UCSC done crying over Trump, hosts 'People's Inauguration' protest

The University of California, Santa Cruz is in the midst of a week-long “People’s Inauguration” to protest Donald Trump’s election, which “deeply troubled” administrators at the time.

In a letter recently obtained by Campus Reform, the provost of Oakes College (one of ten academic colleges at UCSC) lamented the election of “a person who has been overtly and openly racist, sexist, anti-immigrant, anti-Muslim, ableist, cis-sexist, xenophobic, and much more while on the campaign trail.”

[RELATED: Profs quivering with fear, anger after Trump election]

“We are deeply troubled and stand more firm in our resolve regarding the work that we all hold essential at Oakes. We will continue to fight for equity and justice,” Provost Regina Day Langhout continued, encouraging her students to “love each other boldly” and “be transparent with our despair, and cry openly alongside one another.”

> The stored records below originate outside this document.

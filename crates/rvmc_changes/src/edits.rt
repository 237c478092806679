//! Places in which two lists differ.

/// What stood at a place, and what stands there now.
#[derive(Clone, Copy, Drop)]
pub struct Edit {
    pub place: u64,
    pub old: u64,
    pub new: u64,
}
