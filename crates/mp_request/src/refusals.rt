//! Why the table refuses.

ghost use Rattle.std.specs.Prelude.{◌≡◌};
ghost use Rattle.mp_request.specs.Refusals.{code_of};

use mp_types::Code;

/// Why the table refused. It is as it was before the call.
#[derive(Clone, Copy, Drop)]
pub enum Refusal {
    /// The handle isn't open, or its request isn't of a kind that the call takes. Code 6.
    BadRequest,
    /// All 255 handles are open. Code 8.
    Full,
    /// The request is active. Code 12.
    Active,
}

impl Refusal {
    /// The code that the guest is told.
    pub fn code(self) -> Code
        ensures { result ≡ code_of self }
    {
        match self {
            Refusal::BadRequest => Code::BadRequest,
            Refusal::Full => Code::Full,
            Refusal::Active => Code::Active,
        }
    }
}
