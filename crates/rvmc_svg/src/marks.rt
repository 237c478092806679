//! Marks: a shape for each step that is shown, and what stands beside it.

ghost use Rattle.std.specs.Prelude.{IfOk, OnOk};
ghost use Rattle.std.specs.List.{All};
ghost use Rattle.rvmc_draw.specs.declared.drawing.Mark.{Mark as MarkView};
ghost use Rattle.rvmc_svg.specs.Adding.{Adds};
ghost use Rattle.rvmc_svg.specs.Shown.{HasTitle};

use crate::forms::{COUNT, NOTE, ONCE, PLACE, RING, SHAPE, STEP, TIMES};
use crate::labels::{LETTER, Places};
use crate::layout::{Layout, TOP};
use crate::pieces::Piece::{Across, Guest, Number, Rank, Words};
use crate::pieces::put;
use crate::safe::put_text;
use rvmc_draw::{Mark, Shape};
use std::alloc::{AllocError, Global};
use std::io;

/// The name of its drawn shape.
pub(crate) fn shape_name(shape: Shape) -> &'static str {
    match shape {
        Shape::Send => "send",
        Shape::SyncSend => "ssend",
        Shape::Posted => "posted",
        Shape::Got => "got",
        Shape::Claimed => "claimed",
        Shape::Seen => "seen",
        Shape::Done => "done",
        Shape::Ready => "ready",
        Shape::Taken => "taken",
        Shape::Freed => "freed",
        Shape::Put => "put",
        Shape::Exit => "exit",
        Shape::Trap => "trap",
        Shape::Refused => "refused",
        Shape::Look => "look",
        Shape::Other => "other",
    }
}

/// How far from its mark a note begins.
const BESIDE: u64 = 12;

/// How many letters of a note are tried.
static TRIED: [usize; 2] = [26, 14];

/// Where a note stands: at the left of its mark or at its right, and how many of its letters are shown.
#[derive(Clone, Copy, Drop)]
struct Room {
    left: bool,
    letters: usize,
}

/// The room for a note of so many letters, which is taken: at this side of its mark, or else at the other, if nothing is
/// written there and the page doesn't end there.
fn room_beside(
    places: &mut Places,
    left: bool,
    at: u64,
    row: u64,
    length: usize,
) -> Result<Option<Room>, AllocError> {
    for most in &TRIED {
        let letters = length.min(*most);
        // two dots stand for the rest of the note
        let dots = if letters < length { 2 } else { 0 };
        let wide = places.pixels((letters as u64).saturating_mul(LETTER));
        let beside = places.pixels(BESIDE);
        for left in [left, !left] {
            let from = if left {
                at.saturating_sub(beside.saturating_add(wide))
            } else {
                at.saturating_add(beside)
            };
            if places.is_inside(left, at, BESIDE, letters.saturating_add(dots))
                && places.take(from, wide, row)?
            {
                return Ok(Some(Room { left, letters }));
            }
        }
    }
    Ok(None)
}

/// Whether an arrow comes to a mark in this lane from the right.
fn comes_from_right(layout: &Layout<'_>, mark: &Mark, at: u64) -> bool {
    for arrow in layout.drawing.arrows.as_slice() {
        if let Some(to) = arrow.to {
            let from = layout.lane_at(arrow.from.rank, arrow.from.hart);
            if to.place == mark.spot.place && from > at {
                return true;
            }
        }
    }
    false
}

/// What is written beside a mark: to its right, or to its left where an arrow comes from the right; at the other side where
/// there is more room.
fn put_note(
    text: &mut Vec<u8>,
    places: &mut Places,
    layout: &Layout<'_>,
    mark: &Mark,
    at: u64,
    row: u64,
) -> io::Result<()> {
    let shown = mark.note.as_slice();
    if shown.is_empty() {
        return Ok(());
    }
    let left = comes_from_right(layout, mark, at);
    let Some(room) = room_beside(places, left, at, row, shown.len())? else {
        return Ok(());
    };
    let class = match mark.shape {
        Shape::Refused | Shape::Trap => "red",
        _ => "dim",
    };
    let (anchor, sign) = if room.left {
        ("end", "-")
    } else {
        ("start", "")
    };
    let letters = room.letters.min(shown.len());
    let more = if letters < shown.len() { ".." } else { "" };
    put(
        text,
        NOTE,
        &[
            Words(class),
            Words(anchor),
            Words(sign),
            Number(BESIDE),
            Across(at),
            Number(row),
            Guest(&shown[..letters]),
            Words(more),
        ],
    )
}

/// Adds how many of these there were, at the left of a lane, where there is room.
pub(crate) fn put_count(
    text: &mut Vec<u8>,
    places: &mut Places,
    at: u64,
    row: u64,
    count: u64,
    these: &'static str,
) -> io::Result<()> {
    let wide = places.pixels(50);
    let beside = places.pixels(7);
    if !places.take(at.saturating_sub(wide.saturating_add(beside)), wide, row)? {
        return Ok(());
    }
    put(
        text,
        COUNT,
        &[Across(at), Number(row), Number(count), Words(these)],
    )
}

/// Adds a title of these bytes, each of them escaped, with what stands before its tag and what stands behind the bytes.
#[tactic(auto, using(crate::proofs::Shown::adds_titled))]
pub(crate) fn put_titled(
    text: &mut Vec<u8>,
    before: &[u8],
    title: &[u8],
    behind: &[u8],
) -> io::Result<()>
    ensures { OnOk result (Adds text.old.items title.now text.new.items) }
{
    text.extend_from_slice(before)?;
    text.extend_from_slice(b"<title>")?;
    put_text(text, title)?;
    text.extend_from_slice(behind)?;
    Ok(())
}

/// Adds what stands behind a mark's title: how many steps it stands for, its shape, in the ring of a receive of any source if
/// it is one, and what is written beside it; and how many steps the hart took without a mark, if they are many.
fn put_behind(
    text: &mut Vec<u8>,
    places: &mut Places,
    layout: &Layout<'_>,
    mark: &Mark,
    row: u64,
) -> io::Result<()> {
    let at = layout.lane_at(mark.spot.rank, mark.spot.hart);
    let pieces = [
        Words(shape_name(mark.shape)),
        Rank(mark.spot.rank),
        Across(at),
        Number(row),
        Number(mark.times),
    ];
    put(text, if mark.times > 1 { TIMES } else { ONCE }, &pieces)?;
    if mark.wild {
        put(text, RING, &pieces)?;
    }
    put(text, SHAPE, &pieces)?;
    put_note(text, places, layout, mark, at, row)?;
    put(text, "</g>\n", &[])?;
    let above = row.saturating_sub(11);
    if mark.quiet < layout.long || above < TOP {
        return Ok(());
    }
    put_count(text, places, at, above, mark.quiet, "steps")
}

/// All marks, which stand in the rows of the layout, each with what is told of it.
pub(crate) fn all_marks(
    alloc: Global,
    places: &mut Places,
    layout: &Layout<'_>,
    marks: &[Mark],
) -> io::Result<Vec<u8>>
    ensures { IfOk result (λ text. All (λ (m : MarkView). HasTitle text.items m.tip.items) marks.now) }
{
    let mut text = Vec::new(alloc);
    let mut number: usize = 0;
    for mark in marks {
        let row = layout.rows.as_slice().get(number).copied().unwrap_or(0);
        number = number.saturating_add(1);
        let mut before = Vec::new(alloc);
        put(&mut before, STEP, &[Number(mark.spot.place)])?;
        let mut behind = Vec::new(alloc);
        put_behind(&mut behind, places, layout, mark, row)?;
        let tip = mark.tip.as_slice();
        put_titled(&mut text, before.as_slice(), tip, behind.as_slice())?;
    }
    Ok(text)
}

/// How far apart two places that stand in one column are.
const PLACES_APART: u64 = 11;

/// Adds the places of all marks at the left. Where there is no room in the first column a place stands in the second, which
/// a narrow page hasn't.
pub(crate) fn put_places(text: &mut Vec<u8>, layout: &Layout<'_>) -> io::Result<()> {
    let mut number: usize = 0;
    let mut first: u64 = 0;
    let mut second: u64 = 0;
    for mark in layout.drawing.marks.as_slice() {
        let row = layout.rows.as_slice().get(number).copied().unwrap_or(0);
        number = number.saturating_add(1);
        let (class, across) = if row >= first.saturating_add(PLACES_APART) {
            first = row;
            ("dim", 3)
        } else if row >= second.saturating_add(PLACES_APART) {
            second = row;
            ("dim wide", 36)
        } else {
            continue;
        };
        let down = Number(row.saturating_add(3));
        let place = Number(mark.spot.place);
        put(text, PLACE, &[Words(class), Number(across), down, place])?;
    }
    Ok(())
}
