//! Colours, shapes and sizes.

/// Styles, in light and dark. Okabe and Ito's colours, one a sender, darkened where white paper wants it.
pub(crate) const STYLE: &str = "\
<style>
svg{max-width:100%;background:#fff}
.ink{fill:#1c1c1c}.dim{fill:#666}.lane{stroke:#bcbcbc}.band{fill:#000;opacity:.03}
.halo{paint-order:stroke;stroke:#fff;stroke-width:3px;stroke-linejoin:round}
.mark{stroke:#1c1c1c;stroke-width:1.2}.open{fill:#fff}.full{fill:#1c1c1c}.none{fill:none}
.wait{fill:#ded7c0}.ever{fill:#f3b8ac;stroke:#c62f1b}.red{fill:#a52312}.rule{stroke:#c62f1b;stroke-width:1.5}
.a{fill:none;stroke-width:1.4}.thin{stroke-width:.9}.far{stroke-dasharray:1.5 3.5}.lost{stroke-dasharray:4 2}
.claim{stroke-dasharray:1 3}.part{stroke-width:.7}.ribbon{opacity:.13}
g:hover>.a{stroke-width:3}.bold{font-weight:600}
.s0{stroke:#0072b2}.s1{stroke:#b34e00}.s2{stroke:#007a58}.s3{stroke:#a6518a}
.s4{stroke:#8a6d00}.s5{stroke:#2b76a5}.s6{stroke:#7a4a00}.s7{stroke:#555}
.f0{fill:#0072b2}.f1{fill:#b34e00}.f2{fill:#007a58}.f3{fill:#a6518a}
.f4{fill:#8a6d00}.f5{fill:#2b76a5}.f6{fill:#7a4a00}.f7{fill:#555}
@media (prefers-color-scheme:dark){
svg{background:#16181b}
.ink{fill:#e8e8e8}.dim{fill:#a6a6a6}.lane{stroke:#555}.band{fill:#fff;opacity:.04}.halo{stroke:#16181b}
.mark{stroke:#e8e8e8}.open{fill:#16181b}.full{fill:#e8e8e8}.wait{fill:#6b6344}.ever{fill:#6b2a20;stroke:#ff7d66}
.red{fill:#ff9c8a}.rule{stroke:#ff7d66}.ribbon{opacity:.2}
.s0{stroke:#56b4e9}.s1{stroke:#ff8a3d}.s2{stroke:#2fd6a3}.s3{stroke:#e59ccb}
.s4{stroke:#f0e442}.s5{stroke:#9fd3ff}.s6{stroke:#d9a066}.s7{stroke:#bbb}
.f0{fill:#56b4e9}.f1{fill:#ff8a3d}.f2{fill:#2fd6a3}.f3{fill:#e59ccb}
.f4{fill:#f0e442}.f5{fill:#9fd3ff}.f6{fill:#d9a066}.f7{fill:#bbb}}
@media (max-width:700px){svg{min-width:0!important}.wide{display:none}.dim,.ink{font-size:11px}}
</style>
";

/// The shapes of marks, each round its own middle.
pub(crate) const SHAPES: &str = "\
<defs>
<g id=\"send\"><circle class=\"mark\" r=\"4\"/></g>
<g id=\"ssend\"><circle class=\"mark\" r=\"4\"/><circle class=\"mark none\" r=\"6.8\"/></g>
<g id=\"posted\"><path class=\"mark open\" d=\"M-5,-4h10l-5,8z\"/></g>
<g id=\"got\"><path class=\"mark full\" d=\"M-5,-4h10l-5,8z\"/></g>
<g id=\"claimed\"><path class=\"mark full\" d=\"M0,-5.5l5.5,5.5l-5.5,5.5l-5.5,-5.5z\"/></g>
<g id=\"seen\"><path class=\"mark open\" d=\"M0,-5.5l5.5,5.5l-5.5,5.5l-5.5,-5.5z\"/></g>
<g id=\"done\"><circle class=\"mark full\" r=\"2.6\"/></g>
<g id=\"ready\"><path class=\"mark\" d=\"M-3.5,-3.5h7v7h-7z\"/></g>
<g id=\"taken\"><path class=\"mark full\" d=\"M-3.5,-3.5h7v7h-7z\"/></g>
<g id=\"freed\"><path class=\"mark open\" d=\"M-2.5,-2.5h5v5h-5z\"/></g>
<g id=\"put\"><path class=\"mark\" d=\"M0,0h7\"/></g>
<g id=\"exit\"><path class=\"mark\" stroke-width=\"3\" d=\"M-7,0h14\"/></g>
<g id=\"trap\"><path class=\"rule\" stroke-width=\"3\" d=\"M-5,-5l10,10m0,-10l-10,10\"/></g>
<g id=\"refused\"><circle class=\"mark open\" r=\"4\"/><path class=\"rule\" d=\"M-2.8,-2.8l5.6,5.6\"/></g>
<g id=\"look\"><path class=\"mark\" stroke-width=\"1\" d=\"M-4,0h8\"/></g>
<g id=\"other\"><circle class=\"mark open\" r=\"2.4\"/></g>
<g id=\"ring\"><circle class=\"mark none\" stroke-dasharray=\"2 1.5\" r=\"7.5\"/></g>
<g id=\"to-left\"><path d=\"M0,0l10,-4v8z\"/></g>
<g id=\"to-right\"><path d=\"M0,0l-10,-4v8z\"/></g>
</defs>
";
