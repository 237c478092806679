//! Laws of tables, over the definitions alone: functions with empty bodies, whose contracts are the laws.

ghost use Rattle.mp_request.specs.Laws.{CompletionLaw, MapLaw};

/// A table is a map from the handles: a change at one handle is seen at that handle alone.
pub fn map_law()
    ensures { MapLaw }
{}

/// A completed ordinary request's handle is free, and a completed persistent request is inactive.
pub fn completion_law()
    ensures { CompletionLaw }
{}
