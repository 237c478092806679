//! The change of a step that was done.

ghost use Rattle.std.specs.Prelude.{◌≡◌, ◌≤◌, ◌<◌, ◌+◌, ◌^◌, ◌++◌, IfOk, IsTrue, OnOk, drop, length};
ghost use Rattle.cl_state.specs.Room.{rank_of};
ghost use Rattle.rvmc_changes.specs.Changes.{stand_of as stand_in};
ghost use Rattle.rvmc_changes.specs.Edits.{edits_from};
ghost use Rattle.rvmc_changes.specs.Seen.{registers_of as registers_in};
ghost use Rattle.rvmc_changes.specs.Walking.{Fits, IsChangeBehind, IsChangeIn, edit_at};

use crate::before::{Before, bytes_in, hart_of};
use crate::edits::Edit;
use crate::steps::{Change, Stand};
use cl_machine::Step;
use cl_replay::ClusterState;
use cl_state::RankState;
use rv_decode::Reg;
use rv_hart::Hart;
use std::alloc::{AllocError, Global};

/// Adds an edit, where what stood at a place is another thing now.
fn put_edit(edits: &mut Vec<Edit>, place: u64, old: u64, new: u64) -> Result<(), AllocError>
    ensures { OnOk result (edits.new.items ≡ edits.old.items ++ edit_at place old new) }
{
    if old != new {
        edits.push(Edit { place, old, new })?;
    }
    Ok(())
}

/// The registers in which two states of a hart differ.
fn register_edits(alloc: Global, old: &Hart, new: &Hart) -> Result<Vec<Edit>, AllocError>
    ensures { IfOk result (λ edits. edits.items ≡ edits_from 0 (registers_in old.now) (registers_in new.now)) }
{
    let mut edits = Vec::new(alloc);
    for number in 0..32 {
        let register = Reg::new(number);
        put_edit(
            &mut edits,
            u64::from(number),
            old.get(register),
            new.get(register),
        )?;
    }
    Ok(edits)
}

/// Adds the places in which bytes differ that stand from an address on.
fn put_edits(
    edits: &mut Vec<Edit>,
    address: u64,
    olds: &[u8],
    news: &[u8],
) -> Result<(), AllocError>
    requires same { length olds.now ≡ length news.now }
    requires fits { address + length olds.now < 2 ^ 64 }
    ensures { OnOk result (edits.new.items ≡ edits.old.items ++ edits_from address olds.now news.now) }
{
    for n in 0..olds.len() {
        let (old, new) = (olds[n], news[n]);
        put_edit(edits, address + n as u64, u64::from(old), u64::from(new))?;
    }
    Ok(())
}

/// Whether bytes are the same.
fn are_same(olds: &[u8], news: &[u8]) -> bool
    ensures { IsTrue result → olds.now ≡ news.now }
{
    olds == news
}

/// The same, where mostly they don't differ: then all of them are compared at once.
fn put_piece(
    edits: &mut Vec<Edit>,
    address: u64,
    olds: &[u8],
    news: &[u8],
) -> Result<(), AllocError>
    requires fits { address + length olds.now < 2 ^ 64 }
    requires same { length olds.now ≡ length news.now }
    ensures { OnOk result (edits.new.items ≡ edits.old.items ++ edits_from address olds.now news.now) }
{
    if are_same(olds, news) {
        return Ok(());
    }
    put_edits(edits, address, olds, news)
}

/// The places in which bytes differ that stand from an address on, compared in pieces of 4,096.
fn byte_edits(
    alloc: Global,
    address: u64,
    olds: &[u8],
    news: &[u8],
) -> Result<Vec<Edit>, AllocError>
    requires fits { address + length olds.now < 2 ^ 63 }
    ensures { IfOk result (λ edits. edits.items ≡ edits_from address olds.now news.now) }
{
    let len = olds.len().min(news.len());
    let mut edits = Vec::new(alloc);
    let mut done = 0;
    while done < len {
        let end = len.min(done + 4096);
        put_piece(
            &mut edits,
            address + done as u64,
            &olds[done..end],
            &news[done..end],
        )?;
        done = end;
    }
    Ok(edits)
}

/// Where a hart stands.
fn stand_of(hart: &Hart) -> Stand
    ensures { result ≡ stand_in hart.now }
{
    Stand {
        pc: hart.pc(),
        mode: hart.mode(),
    }
}

/// What came behind so many bytes of an output.
fn put_behind(alloc: Global, out: &[u8], written: usize) -> Result<Vec<u8>, AllocError>
    ensures { IfOk result (λ put. put.items ≡ drop written out.now) }
{
    Vec::from_slice(alloc, &out[written.min(out.len())..])
}

/// The change of a step of a rank, whose hart is this after it.
fn change_in(
    alloc: Global,
    rank: &RankState,
    step: &Step,
    before: &Before,
    hart: &Hart,
) -> Result<Change, AllocError>
    requires fits { Fits before.now }
    ensures { IfOk result (IsChangeIn step.now before.now (rank_of rank.now) hart.now) }
{
    let bytes = bytes_in(alloc, &rank.memory, before.window)?;
    Ok(Change {
        rank: step.rank(),
        hart: step.hart(),
        old: stand_of(&before.hart),
        new: stand_of(hart),
        registers: register_edits(alloc, &before.hart, hart)?,
        bytes: byte_edits(
            alloc,
            before.window.address,
            before.bytes.as_slice(),
            bytes.as_slice(),
        )?,
        put: put_behind(alloc, rank.out.as_slice(), before.written)?,
    })
}

/// The change of a step that was done. None where there is no such hart.
pub(crate) fn change_of(
    alloc: Global,
    state: &ClusterState,
    step: &Step,
    before: &Before,
) -> Result<Option<Change>, AllocError>
    requires fits { Fits before.now }
    ensures { IfOk result (IsChangeBehind state.now step.now before.now) }
{
    let Some(rank) = state.ranks.get(usize::from(step.rank())) else {
        return Ok(None);
    };
    let Some(hart) = hart_of(rank, step) else {
        return Ok(None);
    };
    Ok(Some(change_in(alloc, rank, step, before, &hart)?))
}
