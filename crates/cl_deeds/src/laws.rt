//! Laws of a rank alone, over the definitions alone: functions with empty bodies, whose contracts are the laws.

ghost use Rattle.cl_deeds.specs.Laws.{OneRankLaw, RisingLaw};

/// The stamps of a rank alone strictly rise, from above its clock.
pub fn rising_law()
    ensures { RisingLaw }
{}

/// A rank and what it met lead to one rank.
pub fn one_rank_law()
    ensures { OneRankLaw }
{}
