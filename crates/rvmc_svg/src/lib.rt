//! A picture of a record: as data, and as the text of an SVG image (W3C, Scalable Vector Graphics 2) that any browser
//! opens, with no script and nothing from outside.
//!
//! Proved is that each byte of the text is one that XML 1.0 allows, that what is told of each mark stands in it, and
//! how text of a guest is made safe. Where on the page a thing stands is tried, and not proved.
#![tactic(auto)]

mod arrows;
mod bars;
mod ends;
mod fonts;
mod forms;
mod labels;
mod layout;
mod legend;
mod marks;
mod page;
mod pieces;
mod ribbons;
mod safe;

pub use page::svg;
pub use rvmc_draw::{Arrow, Bar, Carried, Drawing, Mark, Row, Shape, Spot};
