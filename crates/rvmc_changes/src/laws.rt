//! Laws of changes. The functions do nothing; their contracts are the laws.

ghost use Rattle.rvmc_changes.specs.Laws.{PlacesLaw, ShownLaw, WalkLaw};

/// The first n changes of a run, done to what is seen at its start, give what is seen behind its first n steps; and
/// undone from there, the last first, they give what is seen at the start.
pub fn places_law()
    ensures { PlacesLaw }
{}

/// So the changes from one place of a record on lead to what the debugger shows at each place behind it: its harts, the
/// bytes of its memory and its output.
pub fn shown_law()
    ensures { ShownLaw }
{}

/// Those of a walk lead from its start to what the debugger shows at each place of the walk, and back.
pub fn walk_law()
    ensures { WalkLaw }
{}
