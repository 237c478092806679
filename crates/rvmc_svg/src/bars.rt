//! Bars: looks in vain of a hart that follow one another.

use crate::forms::BAR;
use crate::labels::Places;
use crate::layout::{Layout, TOP};
use crate::marks::put_count;
use crate::pieces::Piece::{Across, Hart, Number, Rank, Words};
use crate::pieces::put;
use rvmc_draw::Spot;
use std::io;

/// The least number of looks that is written beside a bar.
const MANY: u64 = 40;

/// Adds all bars, each with what is told of it.
pub(crate) fn put_bars(
    text: &mut Vec<u8>,
    places: &mut Places,
    layout: &Layout<'_>,
) -> io::Result<()> {
    for bar in layout.drawing.bars.as_slice() {
        let Spot { place, rank, hart } = bar.first;
        let at = layout.lane_at(rank, hart);
        let above = layout.row_at(place).unwrap_or(TOP);
        let (class, end, last, foot) = if bar.went_on {
            let foot = layout.row_at(bar.last).unwrap_or(layout.foot);
            ("wait", "step ", Number(bar.last), foot)
        } else {
            ("ever", "the end", Words(""), layout.foot)
        };
        let high = foot.saturating_sub(above);
        put(
            text,
            BAR,
            &[
                Rank(rank),
                Hart(hart),
                Number(place),
                Words(end),
                last,
                Number(bar.looks),
                Words(class),
                Across(at),
                Number(above),
                Number(high),
            ],
        )?;
        if bar.looks >= MANY {
            let middle = above.saturating_add(high / 2);
            put_count(text, places, at, middle, bar.looks, "looks")?;
        }
    }
    Ok(())
}
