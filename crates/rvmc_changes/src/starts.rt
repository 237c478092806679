//! What is seen of a cluster at a place, as data.

ghost use Rattle.std.specs.Prelude.{◌≡◌, IfOk, map};
ghost use Rattle.cl_state.specs.Room.{rank_of};
ghost use Rattle.rvmc_changes.specs.Seen.{registers_of as registers_in, seen_hart, seen_rank};
ghost use Rattle.rvmc_changes.specs.Walks.{hart_at_start, rank_at_start};

use cl_replay::ClusterState;
use cl_state::RankState;
use rv_decode::Reg;
use rv_hart::{Hart, Mode};
use rv_memory::RankMemory;
use std::alloc::{AllocError, Global};

/// What is seen of a hart.
#[derive(Drop)]
pub struct HartStart {
    /// What x0 to x31 read.
    pub registers: Vec<u64>,
    pub pc: u64,
    pub mode: Mode,
}

/// What is seen of a rank.
#[derive(Drop)]
pub struct RankStart {
    pub harts: Vec<HartStart>,
    /// Of its whole memory.
    pub bytes: Vec<u8>,
    /// What it has put out.
    pub out: Vec<u8>,
}

/// What the registers of a hart read.
fn registers_of(alloc: Global, hart: &Hart) -> Result<Vec<u64>, AllocError>
    ensures { IfOk result (λ registers. registers.items ≡ registers_in hart.now) }
{
    let mut registers = Vec::with_capacity(alloc, 32)?;
    for number in 0..32 {
        registers.push(hart.get(Reg::new(number)))?;
    }
    Ok(registers)
}

/// What is seen of a hart.
fn hart_start(alloc: Global, hart: &Hart) -> Result<HartStart, AllocError>
    ensures { IfOk result (λ start. hart_at_start start ≡ seen_hart hart.now) }
{
    Ok(HartStart {
        registers: registers_of(alloc, hart)?,
        pc: hart.pc(),
        mode: hart.mode(),
    })
}

/// What is seen of each hart.
fn harts_start(alloc: Global, harts: &[Hart]) -> Result<Vec<HartStart>, AllocError>
    ensures { IfOk result (λ starts. map hart_at_start starts.items ≡ map seen_hart harts.now) }
{
    let mut starts = Vec::with_capacity(alloc, harts.len())?;
    for hart in harts {
        starts.push(hart_start(alloc, hart)?)?;
    }
    Ok(starts)
}

/// All bytes of a memory.
fn bytes_of(alloc: Global, memory: &RankMemory) -> Result<Vec<u8>, AllocError>
    ensures { IfOk result (λ bytes. bytes.items ≡ memory.now.bytes) }
{
    match memory.read_bytes(alloc, 0, memory.size()) {
        Ok(bytes) => Ok(bytes),
        Err(_) => Err(AllocError),
    }
}

/// What is seen of a rank.
fn rank_start(alloc: Global, rank: &RankState) -> Result<RankStart, AllocError>
    ensures { IfOk result (λ start. rank_at_start start ≡ seen_rank (rank_of rank.now)) }
{
    Ok(RankStart {
        harts: harts_start(alloc, rank.harts.as_slice())?,
        bytes: bytes_of(alloc, &rank.memory)?,
        out: Vec::from_slice(alloc, rank.out.as_slice())?,
    })
}

/// What is seen of each rank.
pub(crate) fn start_of(alloc: Global, state: &ClusterState) -> Result<Vec<RankStart>, AllocError>
    ensures { IfOk result
        (λ starts. map rank_at_start starts.items ≡ map seen_rank (map rank_of state.now.ranks.items)) }
{
    let mut starts = Vec::with_capacity(alloc, state.ranks.len())?;
    for rank in state.ranks.as_slice() {
        starts.push(rank_start(alloc, rank)?)?;
    }
    Ok(starts)
}
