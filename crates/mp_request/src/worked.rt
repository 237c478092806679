//! Worked values, as theorems that compute.

ghost use Rattle.mp_request.specs.Worked.{CompletionRows, DoneRows, LowestFreeRows, NamedRows, RefusalRows, TestableRows};

/// The lowest free handle of a new table, of fuller ones, and after handle 7 is completed.
pub fn lowest_free_rows()
    ensures { LowestFreeRows }
{}

/// Handles 1 and 255 name requests; 0, 256 and 2^64 - 1 never do.
pub fn named_rows()
    ensures { NamedRows }
{}

/// What a started and a completed request are.
pub fn completion_rows()
    ensures { CompletionRows }
{}

/// Which handles may be tested together.
pub fn testable_rows()
    ensures { TestableRows }
{}

/// Which handles are done.
pub fn done_rows()
    ensures { DoneRows }
{}

/// The numbers of the refusals' codes.
pub fn refusal_rows()
    ensures { RefusalRows }
{}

Langhout went on to conclude the letter with a salutation of “with our hearts broken wide open and our fists raised high,” affixing her signature alongside those of four other administrators.

Langhout’s letter, sent just two days after Trump’s election, appears to violate some of the school’s policies regarding the use of university resources for political purposes.

[RELATED: EXCLUSIVE: Students flout tax rules to help Hillary]

In fact, UCSC’s director of government relations, Donna Blitzer, sent a reminder note to the entire “UCSC community” months before the election in which she explains that university employees “should take care to avoid any implication that their private political activities are carried out in their university capacities or are otherwise endorsed by the university.”

Blitzer then links to the school’s guidelines for “participation in ballot campaigns,” which concedes that while “an employee does not give up his or her constitutional rights upon joining a public agency,” employees, “including high officials,” should not “use public resources (including time on the job) to advocate a particular position on a ballot measure.”

Campus Reform reached out to Langhout for comment on whether or not she thinks her actions complied with university policy, but did not receive a response in time for publication.

With Trump’s election now official and his inauguration set to take place, two UCSC colleges, Porter College and Kresge College, are sponsoring a “People’s Inauguration” where students can “come together” for a week-long series of events in protest of the president-elect’s upcoming inauguration.

An advertisement for the week of protests explicitly notes that is has been “made possible with generous support from Porter College and Kresge College,” though UCSC did not comment on whether this includes financial support.

[RELATED: Profs pledge to ‘use regular class time’ to protest Trump]

While the advertisement does not explicitly mention Trump by name, UCSC’s protests are part of a larger “teach-in” effort that Campus Reform has previously reported on called “Teach, Organize, Resist,” which unabashedly describes itself as an “opportunity to affirm the role of critical thinking and academic knowledge in challenging Trumpism.”